Pour le clavier et l'endroit des poignets qui jaunissent et grisailent je ne sais pas quoi faire, est ce qu'il faut que je le ramène au magasin parce qu'il fait partie de la série qui jaunit ou est ce que je peux le nettoyer moi même avec quelque chose ? 

On m'avait conseillé du dentifrice  et un pote à moi l'a fait mais j'avoue que je me sens pas de le faire, quelqu'un sait comment faire ? 
merci beaucoup


----------



## DeepDark (7 Juin 2008)

jeliza a dit:


> On m'avait conseillé du dentifrice  et un pote à moi l'a fait mais j'avoue que je me sens pas de le faire, quelqu'un sait comment faire ?
> merci beaucoup



Il paraît effectivement que ça marche...même très bien. En même temps c'est compéhensible : Il doit décaper les dents sans les détruire...mais bon je me sens pas trop de tenter l'expérience.


----------



## guiguilap (8 Juin 2008)

Oui, ça marche, mais il faut *prendre du dentifrice à pâte blanche*, pas les nouveaux avec du gel transparent.


----------



## DeepDark (8 Juin 2008)

guiguilap a dit:


> Oui, ça marche, mais il faut *prendre du dentifrice à pâte blanche*, pas les nouveaux avec du gel transparent.


D'accord,
Une question : il y aura sûrement un surplus de dentifrice, vu que c'est quand même pâteux du dentifrice, ça colle pas trop?

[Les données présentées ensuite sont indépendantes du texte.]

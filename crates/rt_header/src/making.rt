// Structs, numbered as they are met.
ghost use Rattle.std.specs.Prelude.{◌≡◌, ◌<◌, [], MatchOption, IfOk, OnOk, false, length, slice_index_or};
ghost use Rattle.rt_tree.specs.Trees.{Stand, node_at};
ghost use Rattle.rt_erase.specs.Rows.{is_pointer, scalar_number};
ghost use Rattle.rt_cdecl.specs.Types.{IsPresent, IsType, IsWidth, bits_of};
ghost use Rattle.rt_header.specs.Inside.Built.{HasMore, IsMaking, IsNodeOf, IsTypeOf, tree_of};
ghost use Rattle.rt_header.specs.Inside.Made.{IsNumberOf, IsPointee};
ghost use Rattle.rt_header.specs.Met.{struct_in};

use crate::forest::Forest;
use rt_base::{Bytes, Memory};
use rt_cdecl::CType;
use rt_erase::pointee;
use std::alloc::{AllocError, Global};

// Structs in the order in which they are met, each by a tree and a node that a pointer leads to, and their numbers by
// their classes.
#[derive(Drop)]
pub(crate) struct Making {
    pub(crate) structs: Vec<(usize, u32)>,
    pub(crate) numbers: Vec<Option<u32>>,
}

// What a value of so many bits at a node of a tree points to, where it is a pointer.
fn pointee_at(forest: &Forest, i: usize, bits: u8, node: u32) -> Option<u32>
    requires { IsNodeOf forest.now i node }
    ensures { MatchOption result (is_pointer (tree_of forest.now i) bits node ≡ false)
        (IsPointee (tree_of forest.now i) bits node) }
{
    if bits == 32 {
        pointee(forest.tree(i), node)
    } else {
        None
    }
}

// The type of a scalar of so many bits at a node of a tree.
fn scalar_at(alloc: Global, forest: &Forest, i: usize, bits: u8, node: u32) -> Result<CType, Memory>
    requires node { IsNodeOf forest.now i node }
    requires bits { IsWidth bits }
    ensures is { IfOk result (λ t. t ≡ CType.Scalar (slice_index_or forest.now.names (scalar_number
        forest.now.erased.extremes.top forest.now.erased.extremes.bottom (node_at (tree_of forest.now i) node)) []) bits) }
    ensures good { IfOk result IsType }
{
    let name = forest.scalar_name(i, node).to_vec(alloc)?;
    Ok(CType::Scalar(Bytes::from_vec(name), bits))
}

impl Making {
    // None so far.
    pub(crate) fn new(alloc: Global, forest: &Forest) -> Result<Making, Memory>
        ensures none { IfOk result (λ making. making.structs.items ≡ []) }
        ensures making { IfOk result (λ making. IsMaking forest.now making.structs.items making.numbers.items) }
    {
        let count = forest.count();
        let mut numbers = Vec::with_capacity(alloc, count)?;
        for _ in 0..count {
            numbers.push(None)?;
        }
        Ok(Making {
            structs: Vec::new(alloc),
            numbers,
        })
    }

    // The number of what a pointer to a node of a tree leads to: that of its class, or else the next one.
    fn number_of(&mut self, forest: &Forest, i: usize, node: u32) -> Result<u32, Memory>
        requires making { IsMaking forest.now self.old.structs.items self.old.numbers.items }
        requires node { IsNodeOf forest.now i node }
        ensures making { OnOk result (IsMaking forest.now self.new.structs.items self.new.numbers.items) }
        ensures number { IfOk result (IsNumberOf forest.now self.old.structs.items self.new.structs.items i node) }
    {
        let class = forest.class(i, node);
        if let Some(number) = self.numbers[class] {
            return Ok(number);
        }
        let number = self.structs.len() as u32;
        if number == u32::MAX {
            return Err(AllocError);
        }
        self.structs.push((i, node))?;
        self.numbers[class] = Some(number);
        Ok(number)
    }

    // The type of a value of so many bits at a node of a tree. What it points to gets the next number where its class
    // has none.
    pub(crate) fn type_of(
        &mut self,
        alloc: Global,
        forest: &Forest,
        i: usize,
        bits: u8,
        node: u32,
    ) -> Result<CType, Memory>
        requires making { IsMaking forest.now self.old.structs.items self.old.numbers.items }
        requires node { IsNodeOf forest.now i node }
        requires bits { IsWidth bits }
        ensures making { OnOk result (IsMaking forest.now self.new.structs.items self.new.numbers.items) }
        ensures more { OnOk result (HasMore self.old.structs.items self.new.structs.items) }
        ensures is { IfOk result (λ t. IsTypeOf forest.now self.new.structs.items i bits node t) }
        ensures good { IfOk result (λ t. IsType t × IsPresent t × (bits_of t ≡ bits)) }
        ensures stands { IfOk result (λ t. Stand (length self.old.structs.items) (struct_in t) (length self.new.structs.items)) }
    {
        match pointee_at(forest, i, bits, node) {
            Some(to) => Ok(CType::Pointer(self.number_of(forest, i, to)?)),
            None => scalar_at(alloc, forest, i, bits, node),
        }
    }
}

Et je pense qu'on l'enlève avec un chiffon mouillé ou quelque chose comme ça...


----------



## guiguilap (8 Juin 2008)

Oui, enlever avec un chiffon doux...


----------



## Anonyme (8 Juin 2008)

Il faut prendre un au bicarbonate 
Je sais pas du tout l'ortho de ce mot :rose:


----------



## DrFatalis (8 Juin 2008)

Arrétez de vous embêter avec ces produits, et ne prenez pas de risques avec des liquides!
Pour nettoyer mon macbook blanc immaculé, j'use et abuse de la "gomme magique" de Mr propre: on la mouille, on la rince, on frotte le macbook avec et, ô miracle, la saleté s'en va...

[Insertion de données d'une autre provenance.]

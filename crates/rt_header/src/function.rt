// Functions of sketches.
ghost use Rattle.std.specs.Prelude.{◌≡◌, ◌<◌, ◌≤◌, IfOk, IfSome, OnOk, length};
ghost use Rattle.rt_tree.specs.Trees.{Stand};
ghost use Rattle.rt_cdecl.specs.Types.{IsWide};
ghost use Rattle.rt_cdecl.specs.GoodDecls.{IsFunction, LeadsBelow, place_of};
ghost use Rattle.rt_header.specs.Inside.Built.{HasMore, IsFunctionBuilt, IsMaking, IsNodeOf};
ghost use Rattle.rt_header.specs.Met.{struct_in, structs_of_function};
ghost use Rattle.rt_header.specs.Inside.Ports.{AreNodesOf, AreTyped, IsPortType, structs_of_arguments};

use crate::forest::Forest;
use crate::making::Making;
use crate::ports::{arguments, result_node};
use rt_base::{Memory, Sequence};
use rt_cdecl::{CFunction, CType};
use rt_lines::Loc;
use std::alloc::Global;

// The place of an argument by its index: the registers, then the words of the stack.
fn place(index: usize) -> Loc
    requires { index < 16392 }
    ensures { result ≡ place_of index }
{
    if index < 8 {
        Loc::Arg(index as u8)
    } else {
        Loc::Stack(4 * (index as u32 - 8))
    }
}

// The type of an argument or a result that leads to a node, or to none.
fn port_type(
    alloc: Global,
    forest: &Forest,
    making: &mut Making,
    i: usize,
    node: Option<u32>,
) -> Result<CType, Memory>
    requires making { IsMaking forest.now making.old.structs.items making.old.numbers.items }
    requires node { IfSome node (IsNodeOf forest.now i) }
    ensures making { OnOk result (IsMaking forest.now making.new.structs.items making.new.numbers.items) }
    ensures more { OnOk result (HasMore making.old.structs.items making.new.structs.items) }
    ensures is { IfOk result (IsPortType forest.now making.new.structs.items i node) }
    ensures good { IfOk result (λ t. IsWide t × LeadsBelow (length making.new.structs.items) t) }
    ensures stands { IfOk result (λ t. Stand (length making.old.structs.items) (struct_in t) (length making.new.structs.items)) }
{
    match node {
        Some(node) => making.type_of(alloc, forest, i, 32, node),
        None => Ok(CType::Unused),
    }
}

// The arguments that lead to nodes, in the order of their places.
fn typed(
    alloc: Global,
    forest: &Forest,
    making: &mut Making,
    i: usize,
    nodes: &[Option<u32>],
) -> Result<Vec<(Loc, CType)>, Memory>
    requires making { IsMaking forest.now making.old.structs.items making.old.numbers.items }
    requires nodes { AreNodesOf forest.now i nodes.now }
    requires few { length nodes.now ≤ 16392 }
    ensures making { OnOk result (IsMaking forest.now making.new.structs.items making.new.numbers.items) }
    ensures more { OnOk result (HasMore making.old.structs.items making.new.structs.items) }
    ensures typed { IfOk result (λ args. AreTyped forest.now making.new.structs.items i nodes.now (length nodes.now) args.items) }
    ensures stands { IfOk result (λ args.
        Stand (length making.old.structs.items) (structs_of_arguments args.items) (length making.new.structs.items)) }
{
    let mut args = Vec::with_capacity(alloc, nodes.len())?;
    for index in 0..nodes.len() {
        let kind = port_type(alloc, forest, making, i, nodes[index])?;
        args.push((place(index), kind))?;
    }
    Ok(args)
}

// The function of a tree, with the number of its procedure.
pub(crate) fn function_of(
    alloc: Global,
    forest: &Forest,
    making: &mut Making,
    i: usize,
    number: u32,
) -> Result<CFunction, Memory>
    requires making { IsMaking forest.now making.old.structs.items making.old.numbers.items }
    requires tree { i < length forest.now.trees }
    ensures making { OnOk result (IsMaking forest.now making.new.structs.items making.new.numbers.items) }
    ensures more { OnOk result (HasMore making.old.structs.items making.new.structs.items) }
    ensures number { IfOk result (λ f. f.number ≡ number) }
    ensures built { IfOk result (IsFunctionBuilt forest.now making.new.structs.items i) }
    ensures good { IfOk result (IsFunction (length making.new.structs.items)) }
    ensures stands { IfOk result (λ f.
        Stand (length making.old.structs.items) (structs_of_function f) (length making.new.structs.items)) }
{
    let edges = forest.tree(i).edges(0);
    let nodes = arguments(alloc, edges)?;
    let args = typed(alloc, forest, making, i, &nodes)?;
    let out0 = port_type(alloc, forest, making, i, result_node(edges, 0))?;
    let out1 = port_type(alloc, forest, making, i, result_node(edges, 1))?;
    Ok(CFunction {
        number,
        args: Sequence::from_vec(args),
        out0,
        out1,
    })
}
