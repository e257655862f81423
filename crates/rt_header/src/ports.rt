// Which nodes arguments and results lead to.
ghost use Rattle.std.specs.Prelude.{◌≡◌, ◌∷◌, ◌++◌, ◌<◌, [], IfOk, List, OnOk, ℕ, length};
ghost use Rattle.rt_lines.specs.declared.label.Label.{Label};
ghost use Rattle.std.specs.List.{AllByRecursion};
ghost use Rattle.std.specs.Map.{lookup};
ghost use Rattle.rt_lines.specs.declared.label.Label.TheVariants.{Out};
ghost use Rattle.rt_lines.specs.Equality.{label_eq};
ghost use Rattle.rt_lines.specs.Words.{IsLabel, IsLoc};
ghost use Rattle.rt_tree.specs.Trees.{IsEdge};
ghost use Rattle.rt_header.specs.Inside.Ports.{AreArguments, IsNoted, index_of};

use rt_base::Memory;
use rt_lines::{Label, Loc};
use std::alloc::Global;

// The index of an argument's place: the registers, then the words of the stack.
fn index(loc: Loc) -> usize
    requires { IsLoc loc }
    ensures index { result ≡ index_of loc }
    ensures within { result < 16392 }
{
    match loc {
        Loc::Arg(number) => usize::from(number),
        Loc::Stack(offset) => 8 + (offset / 4) as usize,
    }
}

// Notes the node of an argument by its index, unless there is one.
fn note(nodes: &mut Vec<Option<u32>>, index: usize, node: u32) -> Result<(), Memory>
    requires { index < 16392 }
    ensures { OnOk result (IsNoted nodes.old.items nodes.new.items index node) }
{
    if nodes.len() <= index {
        nodes.resize(index + 1, None)?;
    }
    if nodes[index].is_none() {
        nodes[index] = Some(node);
    }
    Ok(())
}

// Notes the node of an edge, if that is one of an argument.
fn note_edge(nodes: &mut Vec<Option<u32>>, label: Label, node: u32) -> Result<(), Memory>
    requires { IsLabel label }
    ensures { OnOk result ((edges : List (Label × ℕ)) → AreArguments edges nodes.old.items →
        AreArguments (edges ++ (label, node) ∷ []) nodes.new.items) }
{
    match label {
        Label::In(loc) => note(nodes, index(loc), node),
        Label::Out(_) | Label::Load | Label::Store | Label::Field(_, _) => Ok(()),
    }
}

// The nodes that arguments lead to by edges, by index, up to the last one that there is.
pub(crate) fn arguments(alloc: Global, edges: &[(Label, u32)]) -> Result<Vec<Option<u32>>, Memory>
    requires { AllByRecursion (IsEdge 4294967296) edges.now }
    ensures { IfOk result (λ nodes. AreArguments edges.now nodes.items) }
{
    let mut nodes = Vec::new(alloc);
    for (label, node) in edges {
        note_edge(&mut nodes, *label, *node)?;
    }
    Ok(nodes)
}

// Whether a label is that of a result.
fn is_result(label: Label, number: u8) -> bool
    ensures { result ≡ label_eq (Out number) label }
{
    Label::Out(number) == label
}

// The node that a result leads to by edges.
pub(crate) fn result_node(edges: &[(Label, u32)], number: u8) -> Option<u32>
    ensures { result ≡ lookup (label_eq (Out number)) edges.now }
{
    for (label, node) in edges {
        if is_result(*label, number) {
            return Some(*node);
        }
    }
    None
}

Plein de marques distributeurs ont maintenant leur "gomme magique"... pas cher, efficace...


----------



## Pharmacos (8 Juin 2008)

Moi je nettoye mon macbook avec un chiffon et de l'alcool à 90° 

Ainsi que tous mes accessoires apple..... clavier, souris.... tout y passe 

Et tout est blanc :love::love::love::love:


----------



## DeepDark (8 Juin 2008)

Je connaissais pas la "gomme magique" je vais tester.

Alcool à 90° par contre c'est quand même corrosif  .Nan?


----------



## Pharmacos (8 Juin 2008)

DeepDark a dit:


> Je connaissais pas la "gomme magique" je vais tester.
> 
> Alcool à 90° par contre c'est quand même corrosif  .Nan?




Nan nan tout se passe bien  ça fait 2 fois que je le fais en 1 an et demi (et oui je e nettoye mon matos que quand il est jaune ) et tout se passe bien


----------



## DeepDark (8 Juin 2008)

Pharmacos a dit:


> Nan nan tout se passe bien  ça fait 2 fois que je le fais en 1 an et demi (et oui je e nettoye mon matos que quand il est jaune ) et tout se passe bien


D'accord alors je tente ça demain... Là il fait un peu nuit je préfère le faire de jour


----------



## Simbouesse (8 Juin 2008)

Un peu de chimie => l'alcool n'est pas corrosif car peu acide (un peu mais seulement dans un solvant acide!)!!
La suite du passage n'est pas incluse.